> **PROBLEM STATEMENT**
Repeat the records given below in full, with no changes.
Top of DATA FOR ANALYSIS
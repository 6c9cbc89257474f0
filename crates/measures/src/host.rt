//! What the programs need of the runtime.

use std::sync::Wait;
use std::thread::Threads;
use std::time::Clock;

/// A runtime with threads, a clock and an output.
pub trait Host: Threads + Wait + Clock + Print + Copy + Send + Sync + Drop + 'static {}

impl<R: Threads + Wait + Clock + Print + Copy + Send + Sync + Drop + 'static> Host for R {}
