//! What the process holds in memory.

use anyhow::{Result, bail};
use std::fs;
use std::rt::Files;

/// The bytes, as Linux tells them in `/proc/self/status`. Refused where it doesn't.
pub fn resident<R: Files + AllocGlobal>(rt: &R) -> Result<u64> {
    let status = fs::read_to_string(rt, "/proc/self/status")?;
    for line in status.as_str().lines() {
        if let Some(size) = line.strip_prefix("VmRSS:") {
            let kilobytes = size.trim().trim_end_matches(" kB").parse::<u64>()?;
            return Ok(kilobytes.saturating_mul(1024));
        }
    }
    bail!("the size of the process can't be read")
}
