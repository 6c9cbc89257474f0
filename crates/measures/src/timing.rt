//! How long repeats take.

use anyhow::{Error, Result};
use std::time::{Clock, Instant};

/// How often each measure is repeated.
pub const REPEATS: u32 = 5;

/// How long the repeats of a measure took, in nanoseconds.
#[derive(Clone, Copy)]
pub struct Times {
    nanoseconds: [u128; 5],
}

impl Times {
    /// Does the work 5 times, each between two looks at the clock. Refused as the work is, and where the clock can't be read.
    pub fn of<F, E, R>(mut work: F, rt: &R) -> Result<Times>
    where
        F: FnMut() -> std::result::Result<(), E>,
        E: Into<Error>,
        R: Clock,
        requires { F.IsAlwaysCallable work }
    {
        let mut nanoseconds = [0; 5];
        for k in 0..5usize {
            let start = Instant::now(rt)?;
            work().map_err(|error| error.into())?;
            nanoseconds[k] = start.elapsed(rt)?.as_nanos();
        }
        nanoseconds.sort_unstable();
        Ok(Times { nanoseconds })
    }

    /// The least time per operation, of `operations` in a repeat, in tenths of a nanosecond.
    pub fn least(&self, operations: u64) -> u128 {
        tenths(self.nanoseconds[0], operations)
    }

    /// The middle time per operation, of `operations` in a repeat, in tenths of a nanosecond.
    pub fn middle(&self, operations: u64) -> u128 {
        tenths(self.nanoseconds[2], operations)
    }
}

fn tenths(nanoseconds: u128, operations: u64) -> u128 {
    nanoseconds.saturating_mul(10) / (operations.max(1) as u128)
}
Bottom of DATA FOR ANALYSIS
> **ANSWER BOX**
repository 6c9cbc89257474f0
filename crates/measures/src/host.rt
//! What the programs need of the runtime.

use std::sync::Wait;
use std::thread::Threads;
use std::time::Clock;

/// A runtime with threads, a clock and an output.
pub trait Host: Threads + Wait + Clock + Print + Copy + Send + Sync + Drop + 'static {}

impl<R: Threads + Wait + Clock + Print + Copy + Send + Sync + Drop + 'static> Host for R {}
//! What the process holds in memory.

use anyhow::{Result, bail};
use std::fs;
use std::rt::Files;

/// The bytes, as Linux tells them in `/proc/self/status`. Refused where it doesn't.
pub fn resident<R: Files + AllocGlobal>(rt: &R) -> Result<u64> {
    let status = fs::read_to_string(rt, "/proc/self/status")?;
    for line in status.as_str().lines() {
        if let Some(size) = line.strip_prefix("VmRSS:") {
            let kilobytes = size.trim().trim_end_matches(" kB").parse::<u64>()?;
            return Ok(kilobytes.saturating_mul(1024));
        }
    }
    bail!("the size of the process can't be read")
}
repository 6c9cbc89257474f0
filename crates/measures/src/timing.rt
//! How long repeats take.

use anyhow::{Error, Result};
use std::time::{Clock, Instant};

/// How often each measure is repeated.
pub const REPEATS: u32 = 5;

/// How long the repeats of a measure took, in nanoseconds.
#[derive(Clone, Copy)]
pub struct Times {
    nanoseconds: [u128; 5],
}

impl Times {
    /// Does the work 5 times, each between two looks at the clock. Refused as the work is, and where the clock can't be read.
    pub fn of<F, E, R>(mut work: F, rt: &R) -> Result<Times>
    where
        F: FnMut() -> std::result::Result<(), E>,
        E: Into<Error>,
        R: Clock,
        requires { F.IsAlwaysCallable work }
    {
        let mut nanoseconds = [0; 5];
        for k in 0..5usize {
            let start = Instant::now(rt)?;
            work().map_err(|error| error.into())?;
            nanoseconds[k] = start.elapsed(rt)?.as_nanos();
        }
        nanoseconds.sort_unstable();
        Ok(Times { nanoseconds })
    }

    /// The least time per operation, of `operations` in a repeat, in tenths of a nanosecond.
    pub fn least(&self, operations: u64) -> u128 {
        tenths(self.nanoseconds[0], operations)
    }

    /// The middle time per operation, of `operations` in a repeat, in tenths of a nanosecond.
    pub fn middle(&self, operations: u64) -> u128 {
        tenths(self.nanoseconds[2], operations)
    }
}

fn tenths(nanoseconds: u128, operations: u64) -> u128 {
    nanoseconds.saturating_mul(10) / (operations.max(1) as u128)
}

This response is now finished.